Task details: When you retype the data, keep every line exactly as it appears.

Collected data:
..........
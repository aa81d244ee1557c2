//! How the desk stands.
ghost use Rattle.std.specs.Prelude.{◌≡◌, true, false, Ok, Err, OnErr};
ghost use Rattle.rtgs_book.specs.declared.book.Book.{Book};
ghost use Rattle.rtgs_desk.specs.Holding.{HasInMemory, Holds};
ghost use Rattle.rtgs_desk.specs.Readings.{status_answer};

use super::Desk;
use crate::tallies::tallies_of;
use rtgs_book::{Refusal, Status};
use rtgs_keeper::Keeper;

impl<K: Keeper> Desk<K> {
    /// The day, how many participants there are and all their cents together, how many orders are queued and held and
    /// what they pay, and which numbers come next. It is `Failed` where the store has failed, and no other refusal
    /// comes.
    pub fn status(&self) -> Result<Status, Refusal>
        ensures answered { (book : Book) → Holds K.Keeper self.now book → result ≡ status_answer book }
        // So it is of the book in memory, where none is known to be held.
        ensures remembered { (book : Book) → HasInMemory self.now book → K.has_failed self.now.keeper ≡ false
            → result ≡ status_answer book }
        ensures failed { K.has_failed self.now.keeper ≡ true → result ≡ Err Refusal.Failed }
        ensures only_failed { OnErr result (K.has_failed self.now.keeper ≡ true) }
    {
        if self.failed {
            return Err(Refusal::Failed);
        }
        let tallies = tallies_of(self.ledger.waiting());
        Ok(Status {
            day: self.ledger.day(),
            participants: self.ledger.participants(),
            queued: tallies.queued,
            held: tallies.held,
            sum: self.ledger.total(),
            next_posting: self.ledger.next_posting(),
            next_order: self.ledger.next_order(),
            next_mark: self.ledger.next_mark(),
        })
    }
}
..........
Problem solution:
repository aa81d244ee1557c2
//! How the desk stands.
ghost use Rattle.std.specs.Prelude.{◌≡◌, true, false, Ok, Err, OnErr};
ghost use Rattle.rtgs_book.specs.declared.book.Book.{Book};
ghost use Rattle.rtgs_desk.specs.Holding.{HasInMemory, Holds};
ghost use Rattle.rtgs_desk.specs.Readings.{status_answer};

use super::Desk;
use crate::tallies::tallies_of;
use rtgs_book::{Refusal, Status};
use rtgs_keeper::Keeper;

impl<K: Keeper> Desk<K> {
    /// The day, how many participants there are and all their cents together, how many orders are queued and held and
    /// what they pay, and which numbers come next. It is `Failed` where the store has failed, and no other refusal
    /// comes.
    pub fn status(&self) -> Result<Status, Refusal>
        ensures answered { (book : Book) → Holds K.Keeper self.now book → result ≡ status_answer book }
        // So it is of the book in memory, where none is known to be held.
        ensures remembered { (book : Book) → HasInMemory self.now book → K.has_failed self.now.keeper ≡ false
            → result ≡ status_answer book }
        ensures failed { K.has_failed self.now.keeper ≡ true → result ≡ Err Refusal.Failed }
        ensures only_failed { OnErr result (K.has_failed self.now.keeper ≡ true) }
    {
        if self.failed {
            return Err(Refusal::Failed);
        }
        let tallies = tallies_of(self.ledger.waiting());
        Ok(Status {
            day: self.ledger.day(),
            participants: self.ledger.participants(),
            queued: tallies.queued,
            held: tallies.held,
            sum: self.ledger.total(),
            next_posting: self.ledger.next_posting(),
            next_order: self.ledger.next_order(),
            next_mark: self.ledger.next_mark(),
        })
    }
}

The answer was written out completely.